La pronunciación del robot estaba mejorando. Había soportado y estaba dominando la impresión.

Entonces dijo Trevize:

—¿Cómo hubiésemos podido matar a Bander? Con sus lóbulos transductores podría habernos destruido en un instante.

—¿Cómo es posible que sepáis lo que pueden o no pueden hacer los lóbulos transductores?

—Tú los has mencionado hace un momento.

—Sólo los mencioné; no describí sus propiedades ni sus poderes.

—Tuvimos ese conocimiento en sueños.

—No es una respuesta plausible.

—Tampoco lo es el que nosotros causásemos la muerte de Bander.

—Y en todo caso — añadió Pelorat—, si el jefe Bander ha muerto, el jefe Fallom gobierna en su finca ahora. Éste es el jefe, y tenéis que obedecerle.

—Ya he dicho que un niño con los lóbulos transductores subdesarrollados no es un solariano — replicó el robot—. Por consiguiente, no puede ser sucesor. Otro sucesor, de la edad adecuada, será enviado tan pronto como informemos de la triste noticia.

—¿Qué será del jefe Fallom?

—No hay ningún jefe Fallom. Éste no es más que un niño, y tenemos exceso de niños. Será destruido.

—¡No os atreveréis! —dijo Bliss enérgicamente—. ¡Es un niño!

—No soy yo —repuso el robot — quien lo hará necesariamente, y tampoco tomaré esa decisión. Esto corresponde al consenso de los gobernantes. Sin embargo, como la época tiene exceso de niños, sé muy bien qué decisión tomarán.

—No. No puede ser.

—La muerte será indolora. Pero otra nave está llegando. Es importante que entremos en la que fue mansión de Bander y montemos un consejo holovisado que designará un sucesor y decidirá lo que hay que hacer con vosotros. Dadme el niño.

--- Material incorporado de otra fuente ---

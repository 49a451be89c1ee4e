// Blocks, and lines that print something of the engine.
use crate::setters::tables_lent;
use engine::Engine;
use refusal::Refusal;
use state::Signals;
use std::io::Stdout;
use trace_grammar::Reading;
use trace_print_report::{How, Print};
use trace_setup_lending::{FROM, pool_top};
use trace_stops::{Limit, Stop};
use trace_store_book::{
    AUDIO, AUDIO_PARTS, BASES, CANON, DESTS, GLOBALS, HELD, INSTALLED, NEED, OUT, PRINT, ROUTES,
    VALUES, VALUES_PARTS,
};

// ---- what is lent

// the installed program's entry among those from `first` on
fn entry(book: &[usize], first: usize) -> usize {
    trace_store_book::sum(first, trace_store_book::get(book, INSTALLED))
}

fn lent_part<'a>(numbers: &'a [f32], book: &[usize], first: usize, k: usize) -> &'a [f32] {
    let i = entry(book, first);
    let a = trace_store_book::start(book, i, numbers.len());
    let e = trace_store_book::stop(book, i, k, a, numbers.len());
    &numbers[a..e]
}

// the installed program's values, as far as they are lent
fn values_lent<'a>(values: &'a [f32], book: &[usize]) -> &'a [f32] {
    lent_part(values, book, VALUES_PARTS, VALUES)
}

// its audio rows
fn audio_lent<'a>(audio: &'a [f32], book: &[usize]) -> &'a [f32] {
    lent_part(audio, book, AUDIO_PARTS, AUDIO)
}

fn whole_part<'a>(numbers: &'a [f32], book: &[usize], first: usize) -> &'a [f32] {
    let i = entry(book, first);
    let a = trace_store_book::start(book, i, numbers.len());
    let e = trace_store_book::whole_stop(book, i, a, numbers.len());
    &numbers[a..e]
}

fn is_canon(book: &[usize]) -> bool {
    trace_store_book::get(book, CANON) == 1
}

fn print_of(n: usize) -> Print {
    match n {
        0 => Print::Full,
        1 => Print::Hash,
        2 => Print::Cases,
        _ => Print::Silent,
    }
}

fn how(book: &[usize]) -> How {
    let print = print_of(trace_store_book::get(book, PRINT));
    How {
        print,
        canon: is_canon(book),
    }
}

// ---- a block

// A block to run: the engine before it, what is bound, and the frames.
#[derive(Clone, Copy)]
struct Block {
    engine: Engine,
    signals: Signals,
    start: usize,
    end: usize,
}

// the block, with values and audio as far as they are lent
fn run(
    b: Block,
    book: &[usize],
    desk: &mut [f32],
    globals: &mut [f32],
    values: &mut [f32],
    audio: &mut [f32],
    pool: &[f32],
) -> Result<Engine, Refusal> {
    let held = trace_store_book::lent(book, HELD, desk.len());
    let global = trace_store_book::lent(book, GLOBALS, globals.len());
    let base = trace_store_book::lent(book, BASES, pool.len());
    let e = b.engine;
    let signals = b.signals;
    e.process(
        &mut desk[0..held],
        &mut globals[0..global],
        &pool[0..base],
        values,
        audio,
        tables_lent(pool, book),
        pool,
        signals,
        b.start,
        b.end,
    )
}

// with the globals in the desk
fn globals_parted(
    b: Block,
    book: &[usize],
    desk: &mut [f32],
    values: &mut [f32],
    audio: &mut [f32],
    pool: &[f32],
) -> Result<Engine, Refusal> {
    let mut globals = trace_setup_lending::globals(desk);
    let d = run(b, book, desk, &mut globals, values, audio, pool);
    trace_setup_lending::set_globals(desk, &globals);
    d
}

// with all of the audio memory
fn audio_parted(
    b: Block,
    book: &[usize],
    desk: &mut [f32],
    values: &mut [f32],
    audio: &mut [f32],
    pool: &[f32],
) -> Result<Engine, Refusal> {
    let i = entry(book, AUDIO_PARTS);
    let from = trace_store_book::start(book, i, audio.len());
    let to = trace_store_book::stop(book, i, AUDIO, from, audio.len());
    globals_parted(b, book, desk, values, &mut audio[from..to], pool)
}

// with all of both memories
fn parted(
    b: Block,
    book: &[usize],
    desk: &mut [f32],
    values: &mut [f32],
    audio: &mut [f32],
    pool: &[f32],
) -> Result<Engine, Refusal> {
    let i = entry(book, VALUES_PARTS);
    let from = trace_store_book::start(book, i, values.len());
    let to = trace_store_book::stop(book, i, VALUES, from, values.len());
    audio_parted(b, book, desk, &mut values[from..to], audio, pool)
}

// how many frames the last nonempty block's chunks have
fn noted(book: &mut [usize], start: usize, end: usize) {
    if end <= start {
        return;
    }
    if trace_store_book::get(book, ROUTES) == 0 {
        trace_store_book::set(book, trace_store_book::sum(NEED, OUT), 0);
        return;
    }
    trace_store_book::set(book, trace_store_book::sum(NEED, OUT), end - start);
}

// `process START END`, but for what it prints
pub fn process(
    engine: Engine,
    signals: Signals,
    line: &[u8],
    book: &mut [usize],
    desk: &mut [f32],
    values: &mut [f32],
    audio: &mut [f32],
    pool: &[f32],
) -> Result<Engine, Refusal> {
    let w = trace_input_words::pair(line);
    let b = Block {
        engine,
        signals,
        start: w.a,
        end: w.b,
    };
    let next = parted(b, book, desk, values, audio, pool)?;
    noted(book, w.a, w.b);
    Ok(next)
}

// ---- outputs

// the outputs, audio rows by words 1 and 2
pub fn outputs(
    stdout: Stdout,
    e: Engine,
    line: &[u8],
    book: &[usize],
    values: &[f32],
    audio: &[f32],
    out: &mut [u8],
    at: usize,
) -> Result<usize, Stop> {
    let w = trace_input_words::pair(line);
    trace_print_report::outputs(
        stdout,
        e,
        trace_store_book::get(book, DESTS),
        values_lent(values, book),
        audio_lent(audio, book),
        w.a,
        w.b,
        how(book),
        out,
        at,
    )
}

// `out [START END]`
fn on_out(
    stdout: Stdout,
    e: Engine,
    line: &[u8],
    n: usize,
    book: &[usize],
    values: &[f32],
    audio: &[f32],
    out: &mut [u8],
    at: usize,
) -> Result<usize, Stop> {
    if n == 1 {
        return outputs(stdout, e, b"out 0 0", book, values, audio, out, at);
    }
    outputs(stdout, e, line, book, values, audio, out, at)
}

// ---- single numbers

// `latest DEST VOICE`
fn on_latest(
    stdout: Stdout,
    e: Engine,
    line: &[u8],
    book: &[usize],
    values: &[f32],
    audio: &[f32],
    out: &mut [u8],
    at: usize,
) -> Result<usize, Stop> {
    let w = trace_input_words::pair(line);
    let answer = e.latest(values_lent(values, book), audio_lent(audio, book), w.a, w.b);
    Ok(trace_print_report::latest(stdout, answer, w.a, w.b, is_canon(book), out, at)?)
}

fn all_in(
    stdout: Stdout,
    e: Engine,
    voices: usize,
    each: usize,
    book: &[usize],
    values: &[f32],
    audio: &[f32],
    all: &mut [f32],
    out: &mut [u8],
    at: usize,
) -> Result<usize, Stop> {
    all.fill(trace_print_report::unwritten());
    let answer = e.latest_all(
        values_lent(values, book),
        audio_lent(audio, book),
        voices,
        all,
    );
    Ok(trace_print_report::latest_all(stdout, answer, voices, each, all, is_canon(book), out, at)?)
}

// how many numbers there are for so many voices; more than there can be where a count is past the core's
fn count_of(voices: usize, each: usize) -> usize {
    if 65535 < voices {
        return 4294967296;
    }
    if 65535 < each {
        return 4294967296;
    }
    draw::wrapping_mul(voices as u64, each as u64) as usize
}

// `latest_all VOICES ROWS`
fn on_latest_all(
    stdout: Stdout,
    e: Engine,
    line: &[u8],
    book: &[usize],
    values: &[f32],
    audio: &[f32],
    pool: &mut [f32],
    out: &mut [u8],
    at: usize,
) -> Result<usize, Stop> {
    let w = trace_input_words::pair(line);
    let n = count_of(w.a, w.b);
    let from = trace_store_book::at_most(pool_top(book), pool.len());
    if pool.len() - from < n {
        return Err(Stop::TooLarge(Limit::Numbers));
    }
    let to = from + n;
    all_in(
        stdout,
        e,
        w.a,
        w.b,
        book,
        values,
        audio,
        &mut pool[from..to],
        out,
        at,
    )
}

fn ramp_in(
    stdout: Stdout,
    e: Engine,
    dest: usize,
    voice: usize,
    book: &[usize],
    values: &[f32],
    row: &mut [f32],
    out: &mut [u8],
    at: usize,
) -> Result<usize, Stop> {
    let answer = e.ramp(values_lent(values, book), dest, voice, row);
    Ok(trace_print_report::ramp(stdout, answer, dest, voice, row, is_canon(book), out, at)?)
}

// `ramp DEST VOICE`
fn on_ramp(
    stdout: Stdout,
    e: Engine,
    line: &[u8],
    book: &[usize],
    values: &[f32],
    pool: &mut [f32],
    out: &mut [u8],
    at: usize,
) -> Result<usize, Stop> {
    let w = trace_input_words::pair(line);
    let from = trace_store_book::at_most(pool_top(book), pool.len());
    let have = pool.len() - from;
    if have < trace_store_book::get(book, trace_store_book::sum(NEED, OUT)) {
        return Err(Stop::TooLarge(Limit::Numbers));
    }
    let to = from + trace_store_book::lent(book, OUT, have);
    ramp_in(
        stdout,
        e,
        w.a,
        w.b,
        book,
        values,
        &mut pool[from..to],
        out,
        at,
    )
}

// `is_active VOICE`
fn on_is_active(
    stdout: Stdout,
    e: Engine,
    line: &[u8],
    out: &mut [u8],
    at: usize,
) -> Result<usize, Stop> {
    let v = trace_input_words::number_at(line, 1);
    Ok(trace_print_report::is_active(stdout, e.is_active(v), v, out, at)?)
}

// `rate DEST`
fn on_rate(stdout: Stdout, e: Engine, line: &[u8], out: &mut [u8], at: usize) -> usize {
    let d = trace_input_words::number_at(line, 1);
    trace_print_report::rate(stdout, program::rate(e.program(), d), d, out, at)
}

// ---- all of it

fn named_memory(
    stdout: Stdout,
    e: Engine,
    name: &[u8],
    book: &[usize],
    values: &[f32],
    audio: &[f32],
    out: &mut [u8],
    at: usize,
) -> usize {
    let state = e.state();
    let program = state.program;
    trace_print_kept::memory(
        stdout,
        program,
        state.primed,
        name,
        whole_part(values, book, VALUES_PARTS),
        whole_part(audio, book, AUDIO_PARTS),
        is_canon(book),
        out,
        at,
    )
}

// `memory`
pub fn on_memory(
    stdout: Stdout,
    e: Engine,
    book: &[usize],
    values: &[f32],
    audio: &[f32],
    out: &mut [u8],
    at: usize,
) -> usize {
    let mut cell = [0u8; 64];
    let n = trace_store_titles::copied(book, trace_store_book::get(book, INSTALLED), &mut cell);
    let m = trace_store_book::at_most(n, 64);
    named_memory(stdout, e, &cell[0..m], book, values, audio, out, at)
}

fn globals_part(desk: &[f32]) -> &[f32] {
    if desk.len() < FROM {
        return &desk[..0];
    }
    &desk[FROM..]
}

// `state`
pub fn on_state(
    stdout: Stdout,
    e: Engine,
    book: &[usize],
    desk: &[f32],
    pool: &[f32],
    out: &mut [u8],
    at: usize,
) -> usize {
    trace_print_kept::state(
        stdout,
        e.state(),
        desk,
        globals_part(desk),
        pool,
        is_canon(book),
        out,
        at,
    )
}

// a line of n words that prints what the engine answers
pub fn reader_line(
    stdout: Stdout,
    e: Engine,
    c: Reading,
    line: &[u8],
    n: usize,
    book: &[usize],
    values: &[f32],
    audio: &[f32],
    pool: &mut [f32],
    out: &mut [u8],
    at: usize,
) -> Result<usize, Stop> {
    match c {
        Reading::Out => on_out(stdout, e, line, n, book, values, audio, out, at),
        Reading::Latest => on_latest(stdout, e, line, book, values, audio, out, at),
        Reading::LatestAll => on_latest_all(stdout, e, line, book, values, audio, pool, out, at),
        Reading::Ramp => on_ramp(stdout, e, line, book, values, pool, out, at),
        Reading::IsActive => on_is_active(stdout, e, line, out, at),
        Reading::Rate => Ok(on_rate(stdout, e, line, out, at)),
    }
}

Bliss arrancó el semicomatoso cuerpo de Fallom de los brazos de Pelorat. Sujetándolo con fuerza y tratando de equilibrar su peso sobre el hombro, dijo:

—No toquéis a este niño.

Una vez más, el robot extendió rápidamente un brazo y avanzó para agarrar a Fallom. Bliss se apartó a un lado, iniciando su movimiento mucho antes de que el robot empezase el suyo. Sin embargo, el robot continuó andando, como si Bliss estuviese todavía delante de él. Después, doblándose con rigidez hacia delante sobre las puntas de los pies, cayó de bruces. Los otros tres permanecieron inmóviles, con la mirada desenfocada.

Bliss estaba sollozando, en parte de rabia.

—Casi había alcanzado el método adecuado de control, pero él no me dio tiempo. No tuve más remedio que atacar, y ahora los cuatro están desactivados. Subamos a la nave antes de que la otra aterrice. Me encuentro demasiado débil para enfrentarme a otros robots en estos momentos.